## INSTRUCTIONS TO FOLLOW
In the data that follows, find the line with "words::zero(&mut slab[start..start +"; transcribe it, every later line up to the one with "pub fn close(table: Table, slab: &mut", and that line as well, exactly and with no others.

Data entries
======

// Whether an attempt that does this next is over.
fn is_over(next: Next) -> bool
    ensures { result ≡ tells_end next }
{
    matches!(next, Next::Reply(Reply::Ended(_)))
}

// Whether an attempt that does this next waits to be asked.
fn waits(next: Next) -> bool
    ensures { result ≡ tells_wait next }
{
    matches!(
        next,
        Next::Reply(Reply::Ready | Reply::Value(_) | Reply::Stopped(_)) | Next::Before { .. }
    )
}

// Whether an attempt waits to be asked, and may take the ask, over so many cells.
fn may_take(attempt: &Attempt, ask: Ask, cells: usize) -> bool
    ensures may { IsTrue result → IsAskable cells attempt.now.attempt ask }
    ensures told { IsAskable cells attempt.now.attempt ask → IsTrue result }
{
    let next = attempt.next();
    waits(next) && takes(attempt, next, ask, cells)
}

// Whether an attempt that waits with this reply may take the ask, over so many cells.
#[tactic(auto, unfolding(crate::specs::Places::TakesAsk))]
fn takes(attempt: &Attempt, next: Next, ask: Ask, cells: usize) -> bool
    ensures may { IsTrue result → TakesAsk cells attempt.now.attempt next ask }
    ensures told { TakesAsk cells attempt.now.attempt next ask → IsTrue result }
{
    match ask {
        Ask::Get(addr) | Ask::Set(addr, _) => (addr.0 as usize) < cells,
        Ask::Enter | Ask::Hook(..) | Ask::Later(_) => true,
        Ask::Keep | Ask::Undo => attempt.depth() > 0,
        Ask::Finish => !attempt.is_late(),
        Ask::Abandon(cause) => is_of_body(cause) || was_refused(next, cause),
    }
}

// Whether an attempt that waits with this reply was refused with the cause.
fn was_refused(next: Next, cause: Cause) -> bool
    ensures may { IsTrue result → next ≡ coming.Reply (reply.Stopped cause) }
    ensures told { next ≡ coming.Reply (reply.Stopped cause) → IsTrue result }
{
    match next {
        Next::Reply(Reply::Stopped(refused)) => refused.is_same(cause),
        _ => false,
    }
}
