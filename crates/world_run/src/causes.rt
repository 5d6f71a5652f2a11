//! Whether a cause is a body's own.
ghost use Rattle.std.specs.Prelude.{IsTrue};
ghost use Rattle.stm_model.specs.Refusing.{IsOfBody};

use stm_model::Cause;

/// Whether a body rolls back with the cause of its own.
pub fn is_of_body(cause: Cause) -> bool
    ensures may { IsTrue result → IsOfBody cause }
    ensures told { IsOfBody cause → IsTrue result }
{
    match cause {
        Cause::Retry | Cause::User { .. } | Cause::Memory => true,
        Cause::Full { used, blocks } => used == blocks,
        _ => false,
    }
}
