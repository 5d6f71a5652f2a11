//! Attempts that run on the plain world, step by step, in whatever order their callers are named.
#![tactic(auto)]

mod causes;
pub mod laws;
mod run;
mod simulation;

pub use simulation::Simulation;
pub use stm_core::{Next, Reply};
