// Printing: onto a page, and into a lent list, where each function lays its text from `at` on and answers where it ends.
#![tactic(auto)]

mod page;

ghost use Rattle.std.specs.Prelude.{◌≡◌, ◌+◌, ◌≤◌, ◌++◌, nat_abs, length};
ghost use Rattle.rules.specs.Text.{decimal};
ghost use Rattle.rules.specs.Pumps.{progress_of};
ghost use Rattle.rules.specs.Play.{refused_line, tally_line};
ghost use Rattle.print.specs.Appended.{Appended};

pub use page::Page;
use rules::Tally;

// This and `append_decimal` keep a list and a place: they write into a list that a caller lends, of any length (raster_writer), and a page has its own room.
pub fn append(text: &[u8], out: &mut [u8], at: usize) -> usize
    requires { at + length text.now ≤ length out.old }
    ensures { Appended text.now at result out.old out.new }
{
    let k = put::put_front(text, &mut out[at..]);
    at + k
}

pub fn append_decimal(n: u32, out: &mut [u8], at: usize) -> usize
    requires { at + 10 ≤ length out.old }
    ensures text { Appended (decimal n) at result out.old out.new }
    ensures end { result ≤ at + 10 }
{
    let k = put::put_decimal(n, &mut out[at..]);
    at + k
}

// The size of a number, which may be negative.
pub fn size(top: i32) -> u32
    ensures { result ≡ nat_abs top }
{
    top.unsigned_abs()
}

// `refused`, a space and a number.
pub fn refused_line(number: u32, page: &mut Page)
    requires { length page.old + 19 ≤ 9298 }
    ensures { page.new ≡ page.old ++ refused_line number }
{
    page.put_labelled(b"refused ", number);
    page.put(b"\n");
}

// Steps done, reason and top.
pub fn tally_line(tally: Tally, page: &mut Page)
    requires { length page.old + 50 ≤ 9298 }
    ensures text { page.new ≡ page.old ++ tally_line (progress_of tally) }
    ensures end { length page.new ≤ length page.old + 50 }
{
    page.put_labelled(b"steps ", tally.steps);
    page.put_labelled(b" reason ", tally.reason);
    page.put_labelled(b" top ", size(tally.top));
    page.put(b"\n");
}
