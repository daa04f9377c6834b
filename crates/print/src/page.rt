// A page: room for whatever the player prints, and the text that was put on it so far. In a contract a page is that text.
ghost use Rattle.std.specs.Prelude.{◌≡◌, ◌+◌, ◌≤◌, List, ℕ, [], ◌++◌, length, take};
ghost use Rattle.rules.specs.Text.{decimal, depth_text};
ghost use Rattle.rules.specs.Play.{labelled};

use std::marker::Model;

// No comparison is derived: what lies behind the text means nothing, and a comparison of the fields would look at it.
#[derive(Drop)]
pub struct Page {
    room: [u8; 9298],
    end: usize,
}

impl Model for Page {
    ghost Value = { List ℕ };

    ghost view = { λ p. take p.end p.room };

    ghost invariant = { λ p. p.end ≤ 9298 };
}

impl Page {
    pub fn new() -> Self
        ensures { result ≡ [] }
    {
        Page {
            room: [0; 9298],
            end: 0,
        }
    }

    // What was put on it.
    pub fn text(&self) -> &[u8]
        ensures text { result.now ≡ self.now }
        ensures short { length self.now ≤ 9298 }
    {
        &self.room[..self.end]
    }

    pub fn put(&mut self, text: &[u8])
        requires { length self.old + length text.now ≤ 9298 }
        ensures { self.new ≡ self.old ++ text.now }
    {
        self.end += put::put_front(text, &mut self.room[self.end..]);
    }

    pub fn put_decimal(&mut self, n: u32)
        requires { length self.old + 10 ≤ 9298 }
        ensures text { self.new ≡ self.old ++ decimal n }
        ensures end { length self.new ≤ length self.old + 10 }
    {
        self.end += put::put_decimal(n, &mut self.room[self.end..]);
    }

    pub fn put_depth(&mut self, height: i32)
        requires { length self.old + 7 ≤ 9298 }
        ensures text { self.new ≡ self.old ++ depth_text height }
        ensures end { length self.new ≤ length self.old + 7 }
    {
        self.end += text::write_text(height, &mut self.room[self.end..]);
    }

    // A word and a number.
    pub fn put_labelled(&mut self, word: &[u8], n: u32)
        requires { length self.old + (length word.now + 10) ≤ 9298 }
        ensures text { self.new ≡ self.old ++ labelled word.now n }
        ensures end { length self.new ≤ length self.old + (length word.now + 10) }
    {
        self.put(word);
        self.put_decimal(n);
    }
}
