// What changes a pending table: a slot is taken, a slot is closed. The public functions have no `requires`, and say their
// answer and each lent buffer at exit as an equation with a definition of `pending`.
#![tactic(auto)]

pub mod slots;
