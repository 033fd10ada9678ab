// Document 01, "Pending table": a slot taken and a slot closed. To refuse by a number is the caller's part: here a digest,
// ticket or slab for which there is nothing to do leaves all as it was.
ghost use Rattle.std.specs.Prelude.{◌≡◌, ◌*◌, ◌<◌, true, false, length, MatchOption};
ghost use Rattle.laws.specs.Lists.{splice};
ghost use Rattle.pending.specs.Table.{slot_of, taken, takable, take_after, closed, wiped, closable, close_after, wipe_after};

use leaves::{limits, words};
use pending::table::{DIGEST_BYTES, NUMBERS_END, Slot, Table};

// The last number that a ticket may have.
const LAST_NUMBER: usize = NUMBERS_END as usize - 1;

// Stores a digest in a slot.
fn put_digest(digests: &mut [u8; DIGEST_BYTES], slot: Slot, digest: [u8; 32])
    ensures { digests.new ≡ splice (slot.index * 32) digest digests.old }
{
    let to = slot.index * 32;
    digests[to..to + 32].copy_from_slice(&digest);
}

// The table with the next number and this digest in a slot.
fn take_slot(mut table: Table, slot: Slot, digest: [u8; 32]) -> Table
    requires { table.next < 4294967295 }
    ensures { result ≡ taken table slot.index digest }
{
    table.numbers[slot.index] = table.next;
    table.next += 1;
    put_digest(&mut table.digests, slot, digest);
    table
}

// The lowest free slot, where the digest is not pending and next is a number that a ticket may have.
#[tactic(auto, using(pending::proofs::table::Slots::full_test), unfolding(pending::specs::Table::takable))]
fn free_slot(table: &Table, digest: [u8; 32]) -> Option<Slot>
    ensures { MatchOption result (takable table.now digest ≡ false)
        (λ s. (takable table.now digest ≡ true) × (s.index ≡ slot_of table.now 0) × (table.now.next < 4294967295)) }
{
    if table.digest_pending(digest) || limits::out_of(1, LAST_NUMBER, table.next as usize) {
        return None;
    }
    table.find(0)
}

// The table with the next number and this digest in its lowest free slot. Where 7, 8 or 9 holds it stays as it is.
pub fn take(table: Table, digest: [u8; 32]) -> Table
    ensures { result ≡ take_after table digest }
{
    match free_slot(&table, digest) {
        Some(slot) => take_slot(table, slot, digest),
        None => table,
    }
}

// Frees a slot, and wipes its digest and its secret words. (64·C is said here: C lends table and slab apart.)
fn close_slot(mut table: Table, slab: &mut [u32], slot: Slot) -> Table
    requires { length slab.old ≡ 64 * table.columns }
    ensures value { result ≡ closed table slot.index }
    ensures slab_after { slab.new ≡ wiped table.columns slot.index slab.old }
{
    // (Where a slot's words lie, as in queries' `put_secret`.)
    let start = slot.index * table.columns;
    words::zero(&mut slab[start..start + table.columns]);
    table.numbers[slot.index] = 0;
    put_digest(&mut table.digests, slot, [0; 32]);
    table
}

// The slot of a pending ticket, where a slab of this length is the table's.
#[tactic(auto, unfolding(pending::specs::Table::closable))]
fn slot_to_close(table: &Table, slab: usize, ticket: u32) -> Option<Slot>
    ensures { MatchOption result (closable table.now slab ticket ≡ false)
        (λ s. (closable table.now slab ticket ≡ true)
        × (s.index ≡ slot_of table.now ticket)
        × (slab ≡ 64 * table.now.columns)) }
{
    if table.slab_bad(slab) {
        return None;
    }
    table.pending_slot(ticket)
}

// Frees the slot of a pending ticket (the lowest, should two have its number), and wipes its digest and its secret words.
// Without such a ticket, or a slab of 64·C words, table and slab stay as they are.
pub fn close(table: Table, slab: &mut [u32], ticket: u32) -> Table
    ensures value { result ≡ close_after table (length slab.old) ticket }
    ensures slab_after { slab.new ≡ wipe_after table slab.old ticket }
{
    match slot_to_close(&table, slab.len(), ticket) {
        Some(slot) => close_slot(table, slab, slot),
        None => table,
    }
}
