impl Connection {
    ghost use Rattle.seatmelon_connections.specs.Comparing.{HasSameOpening, can_be_of, can_have, goes_on_with, is_claimed, is_copy_in, is_followed_by, is_late_copy, is_late_opening, is_opened_by, late_copies_with, last_record_with, numbers_of, opened_before_with, sender_in, sighting_by};
    ghost use Rattle.seatmelon_connections.specs.Noted.{first_id_in, first_record_in, has_ending_in, has_opening_in, lacks_quiet_point_in, last_record_in, late_copies_in, opened_before_in, quiet_from_in, repeated_in, request_of, second_id_in, with_repeated};

    /// A connection that begins with this packet, which is still to be taken in ([`Connection::add`]). If a record is
    /// given, its draft has a quiet point behind that record, where only packets from there on are looked at.
    ///
    /// Refused by [`Fault::NO_MEMORY`].
    pub fn new(alloc: Global, packet: &Packet, from: Option<u32>) -> Result<Connection, Fault>
        ensures first { IfOk result (λ c. first_id_in c ≡ packet.now.way.sender) }
        ensures second { IfOk result (λ c. second_id_in c ≡ packet.now.way.receiver) }
        ensures request { IfOk result (λ c. request_of c ≡ request_in packet.now) }
        ensures quiet { IfOk result (λ c. quiet_from_in c ≡ from) }
        ensures err { IfErr result (λ f. f ≡ no_memory) }
    {
        let request = request_in(packet);
        let quiet = match (request, from) {
            (Some(_), None) => None,
            (_, from) => Some(QuietPoints::new(alloc, from)?),
        };
        Ok(Connection {
            request,
            is_opened_before: false,
            first: Party::new(alloc, packet.way.sender)?,
            second: Party::new(alloc, packet.way.receiver)?,
            channels: Channels::new(alloc)?,
            lengths: Lengths::new(),
            quiet,
            first_record: packet.record,
            last_record: packet.record,
            first_time: packet.time,
            last_time: packet.time,
            is_last_late_copy: false,
            late_copies: None,
            repeated: None,
        })
    }

    /// The number of its first record, from 1.
    pub fn first_record(&self) -> u32
        ensures { result ≡ first_record_in self.now }
    {
        self.first_record
    }

    /// The number of its last record.
    pub fn last_record(&self) -> u32
        ensures { result ≡ last_record_in self.now }
    {
        self.last_record
    }

    /// The ids of its ends, first that of the end that sent its first captured packet.
    pub fn ids(&self) -> (u32, u32)
        ensures first { result.0 ≡ first_id_in self.now }
        ensures second { result.1 ≡ second_id_in self.now }
    {
        (self.first.id, self.second.id)
    }

    /// The end that sent its first captured packet.
    pub fn first(&self) -> &Party {
        &self.first
    }

    /// The other end.
    pub fn second(&self) -> &Party {
        &self.second
    }

    /// The channels on which its packets crossed.
    pub fn channels(&self) -> &Channels {
        &self.channels
    }

    /// How many of its packets fit each length of the codes.
    pub fn lengths(&self) -> &Lengths {
        &self.lengths
    }

    /// When its first record was captured, if the capture has times.
    pub fn first_time(&self) -> Option<CaptureTime> {
        self.first_time
    }

    /// When its last record was captured, if the capture has times.
    pub fn last_time(&self) -> Option<CaptureTime> {
        self.last_time
    }

    /// The late copies of its opening and of what came behind it.
    pub fn late_copies(&self) -> Option<LateCopies>
        ensures { result ≡ late_copies_in self.now }
    {
        self.late_copies
    }

    /// Whether its connection request was captured. The first end is the client then.
    pub fn has_opening(&self) -> bool
        ensures { result ≡ has_opening_in self.now }
    {
        self.request.is_some()
    }

    /// Whether it was opened before the capture began: of its connection request only late copies were captured.
    pub fn was_opened_before(&self) -> bool
        ensures { result ≡ opened_before_in self.now }
    {
        self.is_opened_before
    }

    /// Whether a disconnection request was captured.
    pub fn has_ending(&self) -> bool
        ensures { result ≡ has_ending_in self.now }
    {
        self.first.ending.is_some() || self.second.ending.is_some()
    }

    /// Writes a draft of the connection's parameter file, which can be read as it is. Comments say in which record
    /// a value was seen, and which values are placeholders.
    ///
    /// Refused by [`Fault::WRITE_FAILED`] alone.
    pub fn write_draft<W: Sink>(&self, writer: &mut W) -> Result<(), Fault>
        ensures written { AsWritten W.failure_count result writer.old writer.new }
    {
        write_draft(writer, self)
    }

    /// Writes a parameter file with recorded parameters of the connection, in which only the window and the quiet point are
    /// new. A connection that has no quiet points has no such file, and its own draft is written.
    ///
    /// Refused by [`Fault::WRITE_FAILED`] alone.
    pub fn write_kept_draft<W: Sink>(&self, writer: &mut W, params: &Params) -> Result<(), Fault>
        ensures written { AsWritten W.failure_count result writer.old writer.new }
    {
        match &self.quiet {
            Some(quiet) => write_kept_draft(writer, self, quiet, params),
            None => write_draft(writer, self),
        }
    }

    /// Whether its draft has a quiet point behind a record, where one is wanted.
    pub fn lacks_quiet_point(&self) -> bool
        ensures { result ≡ lacks_quiet_point_in self.now }
    {
        match &self.quiet {
            Some(quiet) => quiet.lacks_point(),
            None => false,
        }
    }

    // Which end sent the packet, if it is between these two ends.
    fn sender_of(&self, packet: &Packet) -> Option<End>
        ensures { result ≡ sender_in self.now packet.now }
    {
        if packet.way.sender == self.first.id && packet.way.receiver == self.second.id {
            Some(End::First)
        } else if packet.way.sender == self.second.id && packet.way.receiver == self.first.id {
            Some(End::Second)
        } else {
            None
        }
    }

    // Whether a packet between these ends can be one of those of this end: the end can have sent it in its course, and
    // where it sent nothing yet, the packet can confirm one of the other end.
    fn can_be_of(&self, sender: End, packet: &Packet) -> bool
        ensures { result ≡ can_be_of self.now sender packet.now }
    {
        let own = &self.party(sender).numbers;
        let others = &self.party(sender.other()).numbers;
        own.can_have_sent(packet) && (own.has_sent() || others.can_confirm(packet))
    }

    /// Whether a packet can be of this connection: it is between its ends, and either goes between hosts of which one
    /// has an address that its end has here, or repeats the connection's opening, or can be of the course of its end.
    pub fn can_have(&self, packet: &Packet) -> bool
        ensures { result ≡ can_have self.now packet.now }
    {
        match self.sender_of(packet) {
            Some(sender) => {
                self.channels.knows_host(sender, &packet.way.route)
                    || self.is_opened_by(packet)
                    || self.can_be_of(sender, packet)
            }
            None => false,
        }
    }

    // Whether a packet between these ends is a connection request from before the capture, where none was captured: its
    // end sent it before what it sent here.
    fn is_late_opening(&self, packet: &Packet) -> bool
        ensures { result ≡ is_late_opening self.now packet.now }
    {
        if self.has_opening() || request_in(packet).is_none() {
            return false;
        }
        match self.sender_of(packet) {
            Some(sender) => self.party(sender).numbers.precedes(packet),
            None => false,
        }
    }

    /// Whether a packet between these ends, which opened no earlier connection, begins another one: a connection
    /// request after the end of this one, or one that has other numbers than its own. Where its own wasn't captured, one
    /// that its end sent before what it sent here is a late copy of it, and begins none.
    pub fn is_followed_by(&self, packet: &Packet) -> bool
        ensures { result ≡ is_followed_by self.now packet.now }
    {
        let Some(request) = request_in(packet) else {
            return false;
        };
        let has_own_numbers = match self.request {
            Some(own) => own.number == request.number && own.sn == request.sn,
            None => self.is_late_opening(packet),
        };
        self.has_ending() || !has_own_numbers
    }

    /// Whether a packet repeats the request that opened this connection, byte for byte.
    pub fn is_opened_by(&self, packet: &Packet) -> bool
        ensures { result ≡ is_opened_by self.now packet.now }
    {
        match (request_in(packet), self.request) {
            (Some(request), Some(own)) => request.hash == own.hash,
            _ => false,
        }
    }

    /// The place of the connection between these ends whose opening crossed late last, since this one began.
    pub fn repeated(&self) -> Option<usize>
        ensures { result ≡ repeated_in self.now }
    {
        self.repeated
    }

    /// Sets that place.
    pub fn set_repeated(&mut self, place: Option<usize>)
        ensures { self.new ≡ with_repeated self.old place }
    {
        self.repeated = place;
    }

    fn party(&self, end: End) -> &Party
        ensures { result.now.numbers ≡ numbers_of self.now «end» }
    {
        match end {
            End::First => &self.first,
            End::Second => &self.second,
        }
    }

    /// What a packet between these ends is beside the others of its end.
    pub fn sighting_of(&self, packet: &Packet) -> Option<Sighting>
        ensures { result ≡ sighting_by self.now packet.now }
    {
        let sender = self.sender_of(packet)?;
        Some(self.party(sender).numbers.sighting_of(packet))
    }

    /// Whether a packet between these ends has the next number of its end, or repeats one of its end byte for byte.
    pub fn goes_on_with(&self, packet: &Packet) -> bool
        ensures { result ≡ goes_on_with self.now packet.now }
    {
        match self.sender_of(packet) {
            Some(sender) => self.party(sender).goes_on_with(packet),
            None => false,
        }
    }

    /// Whether a packet between these ends belongs to this connection, whose opening crossed late, and not to the last
    /// one between them: it repeats one of this connection, or is too old to be compared and doesn't go on with the
    /// last one.
    pub fn claims(&self, packet: &Packet, last: &Connection) -> bool
        ensures { result ≡ is_claimed self.now last.now packet.now }
    {
        match self.sighting_of(packet) {
            Some(Sighting::Copy { .. }) => true,
            Some(Sighting::TooOld) => !last.goes_on_with(packet),
            _ => false,
        }
    }

    // Whether a packet between these ends repeats one of its end byte for byte.
    fn is_copy(&self, packet: &Packet) -> bool
        ensures { result ≡ is_copy_in self.now packet.now }
    {
        match self.sighting_of(packet) {
            Some(sighting) => sighting.is_copy(),
            None => false,
        }
    }

    // Whether a packet between these ends that comes so is a late copy.
    fn is_late_copy(&self, packet: &Packet, arrival: Arrival) -> bool
        ensures { result ≡ is_late_copy self.now packet.now arrival }
    {
        arrival.is_late() && (self.is_copy(packet) || self.is_opened_by(packet))
    }

    /// Takes a packet in that comes so. No memory is taken.
    pub fn add(&mut self, packet: &Packet, arrival: Arrival)
        ensures late_copies { IsSome (sender_in self.old packet.now)
            → late_copies_in self.new ≡ late_copies_with self.old packet.now arrival }
        ensures last_record { IsSome (sender_in self.old packet.now)
            → last_record_in self.new ≡ last_record_with self.old packet.now arrival }
        ensures same { HasSameOpening self.old self.new }
        ensures repeated { repeated_in self.new ≡ repeated_in self.old }
        ensures quiet { quiet_from_in self.new ≡ quiet_from_in self.old }
        ensures opened_before { IsSome (sender_in self.old packet.now)
            → opened_before_in self.new ≡ opened_before_with self.old packet.now }
    {
        let Some(sender) = self.sender_of(packet) else {
            return;
        };
        self.channels.add(sender, &packet.way.route, packet.record);
        self.lengths.add(&packet.fits);
        self.note_record(packet, arrival);
        self.note_opening(packet);
        let sighting = self.add_to_party(sender, packet);
        if let Some(quiet) = &mut self.quiet {
            quiet.add(sender, packet, sighting);
        }
    }

    // Keeps the record of a packet that comes so.
    fn note_record(&mut self, packet: &Packet, arrival: Arrival)
        ensures late_copies { self.new.late_copies ≡ late_copies_with self.old packet.now arrival }
        ensures last_record { last_record_in self.new ≡ last_record_with self.old packet.now arrival }
        ensures same { HasSameOpening self.old self.new }
        ensures repeated { self.new.repeated ≡ self.old.repeated }
        ensures quiet { self.new.quiet ≡ self.old.quiet }
        ensures opened_before { opened_before_with self.new packet.now ≡ opened_before_with self.old packet.now }
    {
        let is_late_copy = self.is_late_copy(packet, arrival);
        if is_late_copy {
            self.late_copies = Some(with_copy(self.late_copies, packet.record));
        }
        if !matches!(arrival, Arrival::LateBehindAnother) {
            self.last_record = packet.record;
            self.last_time = packet.time;
            self.is_last_late_copy = is_late_copy;
        }
    }

    // Keeps whether a packet is a late copy of an opening from before the capture.
    fn note_opening(&mut self, packet: &Packet)
        ensures { self.new ≡ record self.old { is_opened_before = opened_before_with self.old packet.now } }
    {
        self.is_opened_before = self.is_opened_before || self.is_late_opening(packet);
    }

    fn add_to_party(&mut self, sender: End, packet: &Packet) -> Sighting
        ensures late_copies { self.new.late_copies ≡ self.old.late_copies }
        ensures last_record { last_record_in self.new ≡ last_record_in self.old }
        ensures same { HasSameOpening self.old self.new }
        ensures repeated { self.new.repeated ≡ self.old.repeated }
        ensures quiet { self.new.quiet ≡ self.old.quiet }
        ensures opened_before { opened_before_in self.new ≡ opened_before_in self.old }
    {
        match sender {
            End::First => self.first.add(packet),
            End::Second => self.second.add(packet),
        }
    }
}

======

## SOLVED PROBLEM
    words::zero(&mut slab[start..start + table.columns]);
    table.numbers[slot.index] = 0;
    put_digest(&mut table.digests, slot, [0; 32]);
    table
}

// The slot of a pending ticket, where a slab of this length is the table's.
#[tactic(auto, unfolding(pending::specs::Table::closable))]
fn slot_to_close(table: &Table, slab: usize, ticket: u32) -> Option<Slot>
    ensures { MatchOption result (closable table.now slab ticket ≡ false)
        (λ s. (closable table.now slab ticket ≡ true)
        × (s.index ≡ slot_of table.now ticket)
        × (slab ≡ 64 * table.now.columns)) }
{
    if table.slab_bad(slab) {
        return None;
    }
    table.pending_slot(ticket)
}

// Frees the slot of a pending ticket (the lowest, should two have its number), and wipes its digest and its secret words.
// Without such a ticket, or a slab of 64·C words, table and slab stay as they are.
pub fn close(table: Table, slab: &mut [u32], ticket: u32) -> Table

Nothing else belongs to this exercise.